In 1964 Ilse Rodenberg became a member of the Committee of Antifascist Fighters ("Komitee der Antifaschistischen Widerstandskämpfer", an organisation closely algned with the ruling Socialist Unity Party, which had emerged from the postwar Union of Persecutees of the Nazi Regime ("Vereinigung der Verfolgten des Naziregimes") and which was dedicated to preserving anti-fascist traditions. In 1966 she was a founder member of the Association of Theatre Creatives ("Verband der Theaterschaffenden"), becoming a member of its presidium and, later, honorary president.

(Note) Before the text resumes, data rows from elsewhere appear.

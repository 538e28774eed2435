//! What the contracts of drawing come to for a caller, each the contract of a function that does nothing.
ghost use Rattle.block_claims.specs.Laws.{EachHasOneDrawer, NoneButBlocks};
ghost use Rattle.block_claims.specs.Laws.{CountIsSmall, AllIsAlone, EndedHasAll};
ghost use Rattle.block_claims.specs.Laws.{NewHasNone, DrawsOneMore, DrawsAtMost};

/// Where the drawers' lists together have each block exactly once, each block stands in the list of exactly
/// one drawer, and nothing but blocks stands in any.
pub fn each_block_has_one_drawer()
    ensures one { EachHasOneDrawer }
    ensures blocks { NoneButBlocks }
{}

/// A drawer that draws again and again ends by its draw number blocks + 1 at the latest: what it drew rises
/// with each draw and stays below the number of blocks.
pub fn draws_end()
    ensures none { NewHasNone }
    ensures one_more { DrawsOneMore }
    ensures at_most { DrawsAtMost }
{}

/// What follows from the rule at any moment between two steps: the count is at most the number of blocks and
/// drawers together; a share that stands for all drawers is the only one that is not spent; where a share has
/// an ended drawer, each block was drawn once.
pub fn rule_tells()
    ensures small { CountIsSmall }
    ensures alone { AllIsAlone }
    ensures has_all { EndedHasAll }
{}
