//! One drawer draws.
ghost use Rattle.std.specs.Prelude.{◌≡◌, ◌<◌, All, IfSome, IfNone, false};
ghost use Rattle.block_claims.specs.Rule.{NoneLeft};
ghost use Rattle.block_claims.specs.Shares.{with_block};
ghost use Rattle.block_claims.specs.Drawers.{BelongsTo, drawn, has_ended};

use crate::claims::Claims;
use crate::drawer::Drawer;
use crate::plays::DrawBlock;

impl Claims {
    /// The next block that nobody drew, or `None` where none is left: then the drawer has ended, and may not
    /// draw again. It neither waits nor takes memory.
    pub fn draw(&self, drawer: &mut Drawer) -> Option<u64>
        requires of { BelongsTo self.now drawer.old }
        requires not_ended { has_ended drawer.old ≡ false }
        ensures of { BelongsTo self.now drawer.new }
        ensures below { IfSome result (λ b. b < self.now.totals.blocks) }
        ensures greater { IfSome result (λ b. All (λ a. a < b) (drawn drawer.old)) }
        ensures gained { IfSome result (λ b. drawer.new.share ≡ with_block b drawer.old.share) }
        ensures ended { IfNone result (drawer.new.share ≡ record drawer.old.share { ended = 1 }) }
        ensures none_left { IfNone result (NoneLeft self.now.totals drawer.old.share) }
    {
        let totals = self.totals();
        let shared = self.shared();
        let found = shared.fetch_add::<DrawBlock>(&mut drawer.seat, 1, 1);
        if found < totals.blocks {
            return Some(found);
        }
        drawer.ended = true;
        None
    }
}
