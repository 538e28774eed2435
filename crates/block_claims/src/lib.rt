//! Blocks of work that many callers draw from one count: each block is drawn once, and none is left out.
//!
//! Word 0 of the table is kept for splitting and joining seats, and word 1 is the count. A drawer draws by a
//! fetch and add of 1 on the count. The rule that holds between any two steps is in specs/Rule.antt.
#![tactic(auto)]

mod claims;
mod draw;
mod drawer;
mod gather;
pub mod laws;
mod plays;
mod rule;
mod share;

pub use claims::Claims;
pub use drawer::Drawer;
pub use rule::ClaimsRule;
pub use share::{Share, Totals};

#[cfg(test)]
mod tests;
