//! The right to draw.
ghost use Rattle.std.specs.Prelude.{◌≡◌, []};

use crate::share::Share;
use atomic_table::Seat;
use std::marker::Model;

/// The right of one caller to draw blocks. Which blocks it drew stands behind its seat and costs nothing.
///
/// Contracts see it as the table of its claims and its share.
#[derive(Drop)]
pub struct Drawer {
    pub(crate) seat: Seat<(), Share>,
    // Whether it was told that no block is left.
    pub(crate) ended: bool,
}

impl Model for Drawer {
    ghost use Rattle.std.specs.Prelude.{◌≡◌, [], if◌then◌else◌};
    ghost use Rattle.block_claims.specs.Drawers.{Drawing};

    ghost Value = { Drawing };

    ghost view = { λ d. record { table = d.seat.table_id; share = d.seat.me.0 } };

    ghost invariant = { λ d. (d.seat.me.0.drawers ≡ 1) × (d.seat.me.1 ≡ [])
        × (d.seat.me.0.ended ≡ (if d.ended then 1 else 0)) };
}

impl Drawer {
    // The seat alone.
    pub(crate) fn into_seat(self) -> Seat<(), Share>
        ensures table { result.table_id ≡ self.table }
        ensures share { result.me.0 ≡ self.share }
        ensures one { self.share.drawers ≡ 1 }
        ensures no_slots { result.me.1 ≡ [] }
    {
        let Self { seat, ended: _ } = self;
        seat
    }
}
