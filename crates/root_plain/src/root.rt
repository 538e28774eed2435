//! The root table of plain mode as a part of the rule.

use pair_rule::{RootPart, Sizes};
use std::collections::LinkedList;

/// What a pass knows of a plain root table: identifiers, each with the root's pair as one number. No value is
/// made: it is what contracts see behind a seat.
pub struct Roots {
    /// Each an identifier, and the root's pair as one number.
    pub roots: LinkedList<(u64, u64)>,
}

/// The table of roots of plain mode: a word for each root, whose place is the root's identifier.
///
/// It has `2^roots` buckets with `roots` from 3 to 24, in lines of 8. A root stands on its pair's path, as a
/// node does, and its word also has the vector's flags.
pub struct PlainRoot<const W: u32, const F: u32>;

impl<const W: u32, const F: u32> RootPart<W, F> for PlainRoot<W, F> {
    ghost use Rattle.std.specs.Prelude.{◌≡◌, refl};
    ghost use Rattle.pair_rule.specs.View.{parent_view, child_view};
    ghost use Rattle.root_plain.specs.Plain.{nothing_known, plain, Plain};
    ghost use Rattle.root_plain.specs.Laws.{plain_keeps, plain_keeps_split, plain_keeps_join, plain_starts};
    ghost use Rattle.root_plain.specs.Laws.{plain_sounds, plain_houses, told_same, plain_ids_below, roots_both, roots_either};

    type View = Roots;

    ghost part = { plain };

    ghost holds = { Plain };

    ghost first = { λ about. nothing_known };

    ghost spent = { nothing_known };

    fn first_out(sizes: &Sizes) -> Option<u32> {
        if 3 <= sizes.roots && sizes.roots <= 24 {
            None
        } else {
            Some(2)
        }
    }

    fn words(sizes: &Sizes) -> usize {
        1 << sizes.roots
    }

    ghost keeps = { plain_keeps };

    ghost keeps_split = { plain_keeps_split };

    ghost keeps_join = { plain_keeps_join };

    ghost starts = { λ about ws width flags is long zero. plain_starts about ws is zero };

    ghost sounds = { λ about log ws nodes views id v kept legal at fits live. plain_sounds about log ws views id v kept at };

    ghost houses = { λ about log ws nodes views id v kept legal at fits live all.
        plain_houses about log ws nodes views id v kept at fits all };

    ghost sound_parent = { λ about v sound. told_same about v (parent_view v) refl sound };

    ghost sound_child = { λ about v sound. told_same about v (child_view (λ t. t) v) refl sound };

    ghost ids_small = { plain_ids_below };

    ghost roots_first = { λ about. refl };

    ghost roots_spent = { λ about. refl };

    ghost roots_split = { λ about h t. refl };

    ghost roots_join = { λ about g h t u before after. roots_both t u };

    ghost roots_either = { λ about g h t u id pair there. roots_either t u id pair there };
}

She also involved herself from 1965 with the International Association of Theatre for Children and Young People (ASSITEJ), serving three terms as its honorary president between 1978 and 1987. She created the bi-annual International Directors Seminar along with the Hallenser Workshop Meeting and Playwright's Competition.

== Awards and honours ==

- 1961 Clara Zetkin Medal
- 1966 National Prize of the German Democratic Republic 3rd Class, for Arts and Literature
- 1970 Banner of Labour
- 1971 Patriotic Order of Merit in Gold
- 1976 Patriotic Order of Merit Gold clasp
- 1985 Humboldt University of Berlin Honorary doctorate.